-- Task data follows --

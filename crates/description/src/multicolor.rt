// Coloured blocks: a list of sizes and a list of colours of equal length.
ghost use Rattle.rules.specs.Block.{coloured};
ghost use Rattle.description.specs.Calls.{ColouredDescription};

use crate::base::retain;
use block::Blocks;
use block::multicolor::Coloured;
use rules::Refusal;
use rules::judge::{both_room, judge_count};

// Description::new: the blocks but for those of size 0 and colour 0, in order.
pub fn description_new(
    blocks: &Coloured<'_>,
    out_sizes: &mut [u32],
    out_colours: &mut [u32],
) -> Result<usize, Refusal>
    ensures { ColouredDescription (coloured blocks.now.sizes.now blocks.now.colours.now) out_sizes.old out_colours.old result out_sizes.new out_colours.new }
{
    let paired = blocks.sizes.len() == blocks.colours.len();
    let count = blocks.count();
    let roomy = both_room(count, out_sizes.len(), out_colours.len());
    judge_count(paired, count, roomy)?;
    Ok(retain::<_, true>(blocks, 0, out_sizes, out_colours))
}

-- Task data concluded --

◆ What the task requires
Print out every record, character for character.

◆ Finished task
filename crates/description/src/multicolor.rt
// Coloured blocks: a list of sizes and a list of colours of equal length.
ghost use Rattle.rules.specs.Block.{coloured};
ghost use Rattle.description.specs.Calls.{ColouredDescription};

use crate::base::retain;
use block::Blocks;
use block::multicolor::Coloured;
use rules::Refusal;
use rules::judge::{both_room, judge_count};

// Description::new: the blocks but for those of size 0 and colour 0, in order.
pub fn description_new(
    blocks: &Coloured<'_>,
    out_sizes: &mut [u32],
    out_colours: &mut [u32],
) -> Result<usize, Refusal>
    ensures { ColouredDescription (coloured blocks.now.sizes.now blocks.now.colours.now) out_sizes.old out_colours.old result out_sizes.new out_colours.new }
{
    let paired = blocks.sizes.len() == blocks.colours.len();
    let count = blocks.count();
    let roomy = both_room(count, out_sizes.len(), out_colours.len());
    judge_count(paired, count, roomy)?;
    Ok(retain::<_, true>(blocks, 0, out_sizes, out_colours))
}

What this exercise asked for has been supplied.